# Allpress Coffee - coming to London in 2010



## Glenn (Jun 14, 2008)

Although I've known about this for some time it is now official (and in the press) that Allpress Coffee is coming to London in 2010

I completed some of my Barista training with Allpress many years ago now when they supplied a cafe I ran.

Allpress Coffee (also known as Allpress Espresso) continue to hold a decent market share in New Zealand and Australia, despite an ever growing number of independent roasters.

I will follow their developments with great interest.

The original article is here


----------



## Paul (Jul 5, 2010)

more information about this is on the website http://www.allpress.co.nz in the news letter section.


----------



## Glenn (Jun 14, 2008)

Thanks Paul

More good coffee about to be roasted in Shoreditch...

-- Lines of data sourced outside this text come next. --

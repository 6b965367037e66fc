// What lies under the lock.
ghost use Rattle.std.specs.Prelude.{◌≡◌, ◌<◌, ◌≤◌, ◌⊎◌, [], length, None, Some, slice_get, slice_index};
ghost use Rattle.std.specs.Prelude.{IfOk, IfSome, MatchBool, OnErr, OnOk};
ghost use mathlib.Core.List.{IsPrefix};
ghost use Rattle.gw_meaning.specs.declared.edit.Edit.{Edit as AnEdit};
ghost use Rattle.gw_edit.specs.Leading.{accepted, version_of};
ghost use Rattle.gw_desk.specs.Book.{blank_runs};
ghost use Rattle.gw_desk.specs.declared.play.Event.TheVariants as events;
ghost use Rattle.gw_desk.specs.declared.play.Reply.TheVariants as replies;
ghost use Rattle.gw_desk.specs.Legs.{Takes};
ghost use Rattle.gw_desk.specs.Playing.{Tells};
ghost use Rattle.gw_desk.specs.Posting.{Posts};
ghost use Rattle.gw_bench.specs.Growing.{GrowsThen, IsGrown, IsOwn, Settles, TakesIn};
ghost use Rattle.gw_bench.specs.Telling.{IsAnswered, IsCount, IsFinished, IsUnworked};

use crate::leg::Leg;
use crate::pass::{Pass, RowName};
use crate::row::Row;
use gw_desk::{Answer, Desk, Post};
use gw_edit::EditFault;
use gw_meaning::Edit;
use gw_model::Version;
use once_cell::race::Note;
use std::alloc::{AllocError, Global};
use std::marker::Model;

/// What lies under the lock: a desk, and the pass whose edits it has taken in. Contracts see it as the front that it has
/// taken in and the desk's book.
#[derive(Drop)]
pub struct Held<N: RowName> {
    desk: Desk,
    pass: Pass<N>,
}

impl<N: RowName> Model for Held<N> {
    ghost use Rattle.gw_bench.specs.Growing.{Kept, IsHeld};

    ghost Value = { Kept };

    ghost view = { λ h. record { front = h.pass; book = h.desk } };

    ghost invariant = { λ h. IsHeld N.opening (record { front = h.pass; book = h.desk }) };
}

impl<N: RowName> Held<N> {
    /// What lies under the lock of a new bench: a desk with the opening version, and no edit taken in.
    pub fn new(alloc: Global, opening: Version, every: u64) -> Result<Held<N>, AllocError>
        requires every { 1 ≤ every }
        requires opening { opening ≡ N.opening }
        ensures front { IfOk result (λ held. held.front ≡ []) }
        ensures book { IfOk result (λ held. held.book ≡ record {
          opening = opening;
          version = opening;
          every = every;
          edits = [];
          runs = blank_runs every opening.replications;
          made = 0;
        }) }
    {
        let copy = opening.copy(alloc)?;
        Ok(Held {
            desk: Desk::new(alloc, copy, every)?,
            pass: Pass::new(alloc, opening)?,
        })
    }

    fn len(&self) -> u64
        ensures length { result ≡ length self.now.front }
        ensures fits { result ≤ 4096 }
    {
        self.pass.len()
    }

    fn note_again(&self, alloc: Global, number: u64) -> Note<Edit>
        requires { number < length self.now.front }
        ensures { (result.cell ≡ slice_index N.boxes number) × (result.known ≡ slice_get self.now.front number) }
    {
        self.pass.note_again(alloc, number)
    }

    fn meet(&self, alloc: Global, pass: &Pass<N>)
        ensures { IsPrefix self.now.front pass.now ⊎ IsPrefix pass.now self.now.front }
    {
        self.pass.meet(alloc, pass);
    }

    // Takes in the edit of the next box, by this note, and says whether there was one.
    fn take_one(
        &mut self,
        alloc: Global,
        row: &Row,
        mut note: Note<Edit>,
    ) -> Result<bool, AllocError>
        requires row { row.now ≡ N.boxes }
        requires room { (length self.old.front < length N.boxes) × (length self.old.front < 4096) }
        requires note { note.cell ≡ slice_index N.boxes (length self.old.front) }
        ensures ok { IfOk result (λ full.
            MatchBool full ((e : AnEdit) × TakesIn self.old e self.new) ((self.new ≡ self.old) × (note.known ≡ None))) }
        ensures err { OnErr result (self.new ≡ self.old) }
    {
        let Some(edit) = row.read(self.pass.len() as usize, &mut note) else {
            return Ok(false);
        };
        let version = self.pass.next(alloc, edit)?;
        let mine = edit.copy(alloc)?;
        settle(alloc, &mut self.desk, mine)?;
        self.pass.push(note, version);
        Ok(true)
    }

    // Takes over what the pass has seen, reads on to the first empty box, and brings the pass up to that.
    fn take_in(&mut self, alloc: Global, row: &Row, pass: &mut Pass<N>) -> Result<(), AllocError>
        requires { row.now ≡ N.boxes }
        ensures grown { IsGrown self.old self.new }
        ensures seen { IsPrefix pass.old pass.new }
        ensures ok { OnOk result (pass.new ≡ self.new.front) }
    {
        self.take_over(alloc, row, pass)?;
        self.read_on(alloc, row)?;
        self.hand_out(alloc, row, pass)
    }

    // Takes over what the pass has seen.
    fn take_over(&mut self, alloc: Global, row: &Row, pass: &Pass<N>) -> Result<(), AllocError>
        requires { row.now ≡ N.boxes }
        ensures grown { IsGrown self.old self.new }
        ensures ok { OnOk result (length pass.now ≤ length self.new.front) }
    {
        'notes: while self.len() < pass.len() {
            let number = self.len();
            let note = pass.note_again(alloc, number);
            let _rows = row.len();
            if !self.take_one(alloc, row, note)? {
                unreachable!();
            }
        }
        Ok(())
    }

    // Reads on to the first empty box.
    fn read_on(&mut self, alloc: Global, row: &Row) -> Result<(), AllocError>
        requires { row.now ≡ N.boxes }
        ensures { IsGrown self.old self.new }
    {
        'boxes: while (self.len() as usize) < row.len() {
            let note = row.note(self.len() as usize);
            if !self.take_one(alloc, row, note)? {
                break;
            }
        }
        Ok(())
    }

    // Brings a pass that has seen no more up to what was taken in.
    fn hand_out(&mut self, alloc: Global, row: &Row, pass: &mut Pass<N>) -> Result<(), AllocError>
        requires row { row.now ≡ N.boxes }
        requires less { length pass.old ≤ length self.old.front }
        ensures same { self.new ≡ self.old }
        ensures seen { IsPrefix pass.old pass.new }
        ensures ok { OnOk result (pass.new ≡ self.new.front) }
    {
        'notes: while pass.len() < self.len() {
            let number = pass.len();
            let note = self.note_again(alloc, number);
            let _rows = row.len();
            if !pass.read_with(alloc, row, note)? {
                unreachable!();
            }
        }
        self.meet(alloc, pass);
        Ok(())
    }

    /// The report of a START from the recorded steps, of the version of all edits that stand in the row: as of a
    /// [`Desk::peek`].
    pub fn peek(
        &mut self,
        alloc: Global,
        row: &Row,
        pass: &mut Pass<N>,
        rep: u64,
        k: u64,
    ) -> Result<Answer, AllocError>
        requires { row.now ≡ N.boxes }
        ensures seen { IsPrefix pass.old pass.new }
        ensures front { IfOk result (λ answer. pass.new ≡ self.new.front) }
        ensures ok { IfOk result (λ answer. GrowsThen self.old
            (λ b c. Tells b (events.Peek rep k) (replies.Answered answer) c) self.new) }
        ensures answer { IfOk result
            (IsAnswered (version_of N.opening pass.new) (length (accepted N.opening pass.new)) rep k) }
        ensures err { OnErr result (IsGrown self.old self.new) }
    {
        self.take_in(alloc, row, pass)?;
        Ok(self.desk.peek(alloc, rep, k))
    }

    /// The report of a START, with the steps that are missing, of the version of all edits that stand in the row: as of
    /// a [`Desk::finish`].
    pub fn finish(
        &mut self,
        alloc: Global,
        row: &Row,
        pass: &mut Pass<N>,
        rep: u64,
        k: u64,
    ) -> Result<Answer, AllocError>
        requires { row.now ≡ N.boxes }
        ensures seen { IsPrefix pass.old pass.new }
        ensures front { IfOk result (λ answer. pass.new ≡ self.new.front) }
        ensures ok { IfOk result (λ answer. GrowsThen self.old
            (λ b c. Tells b (events.Finish rep k) (replies.Answered answer) c) self.new) }
        ensures answer { IfOk result
            (IsFinished (version_of N.opening pass.new) (length (accepted N.opening pass.new)) rep k) }
        ensures err { OnErr result (IsGrown self.old self.new) }
    {
        self.take_in(alloc, row, pass)?;
        Ok(self.desk.finish(alloc, rep, k))
    }

    /// A leg of a replication, of the version of all edits that stand in the row: as of a [`Desk::take`].
    pub fn take(
        &mut self,
        alloc: Global,
        row: &Row,
        pass: &mut Pass<N>,
        rep: u64,
    ) -> Result<Option<Leg<N>>, AllocError>
        requires { row.now ≡ N.boxes }
        ensures grown { IsGrown self.old self.new }
        ensures seen { IsPrefix pass.old pass.new }
        ensures front { IfOk result (λ leg. pass.new ≡ self.new.front) }
        ensures takes { IfOk result (Takes self.new.book rep) }
        ensures leg { IfOk result (λ leg. IfSome leg (IsUnworked N.opening pass.new rep)) }
    {
        self.take_in(alloc, row, pass)?;
        match self.desk.take(alloc, rep)? {
            Some(leg) => Ok(Some(Leg::new(leg))),
            None => Ok(None),
        }
    }

    /// Takes a leg's steps in, if they fit: as of a [`Desk::post`]. The leg is given up.
    pub fn post(&mut self, alloc: Global, leg: Leg<N>) -> Result<Post, AllocError>
        ensures front { self.new.front ≡ self.old.front }
        ensures posts { IfOk result (λ post. Posts self.old.book leg post self.new.book) }
        ensures err { OnErr result (self.new ≡ self.old) }
    {
        self.desk.post_own(alloc, leg.into_leg())
    }

    // How many steps of a replication are recorded, of the version of all edits that stand in the row.
    pub(crate) fn recorded(
        &mut self,
        alloc: Global,
        row: &Row,
        pass: &mut Pass<N>,
        rep: u64,
    ) -> Result<Option<u64>, AllocError>
        requires { row.now ≡ N.boxes }
        ensures grown { IsGrown self.old self.new }
        ensures seen { IsPrefix pass.old pass.new }
        ensures front { IfOk result (λ count. pass.new ≡ self.new.front) }
        ensures count { IfOk result (λ count. IsCount (version_of N.opening pass.new) rep (Some count)) }
    {
        self.take_in(alloc, row, pass)?;
        self.desk.lemma_is_book();
        Ok(self.desk.recorded(rep))
    }
}

// Gives an edit of the row to a desk, which may refuse it.
fn settle(alloc: Global, desk: &mut Desk, edit: Edit) -> Result<(), AllocError>
    requires { length desk.old.edits < 4096 }
    ensures ok { OnOk result (Settles desk.old edit desk.new) }
    ensures err { OnErr result (desk.new ≡ desk.old) }
{
    match desk.edit(alloc, edit) {
        Ok(_) => Ok(()),
        Err(fault) => went_on(fault),
    }
}

// Whether a refused edit was refused by the version, and not for want of memory.
fn went_on(fault: EditFault) -> Result<(), AllocError>
    ensures { OnOk result (IsOwn fault) }
{
    match fault {
        EditFault::Memory => Err(AllocError),
        _ => Ok(()),
    }
}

Have downloaded the iPhone app - it will be useful when I am in Auckland next Feb/Mar


----------



## Glenn (Jun 14, 2008)

Further information here


----------



## Glenn (Jun 14, 2008)

The early press has been largely positive. Looking forward to visiting next week


----------



## Glenn (Jun 14, 2008)

I've just submitted my review to Beanhunter and will post the link when it has been accepted

In the interim enjoy a selection of images from todays' visit on my Flickr page


----------



## Glenn (Jun 14, 2008)

My Allpress London review (with accompanying photos) has been accepted on Beanhunter - http://www.beanhunter.com/cafes/review/allpress-london


----------



## LeeWardle (Nov 16, 2008)

Great review. Sounds like my kind of place!


----------



## Glenn (Jun 14, 2008)

Worth visiting when in London next for sure


----------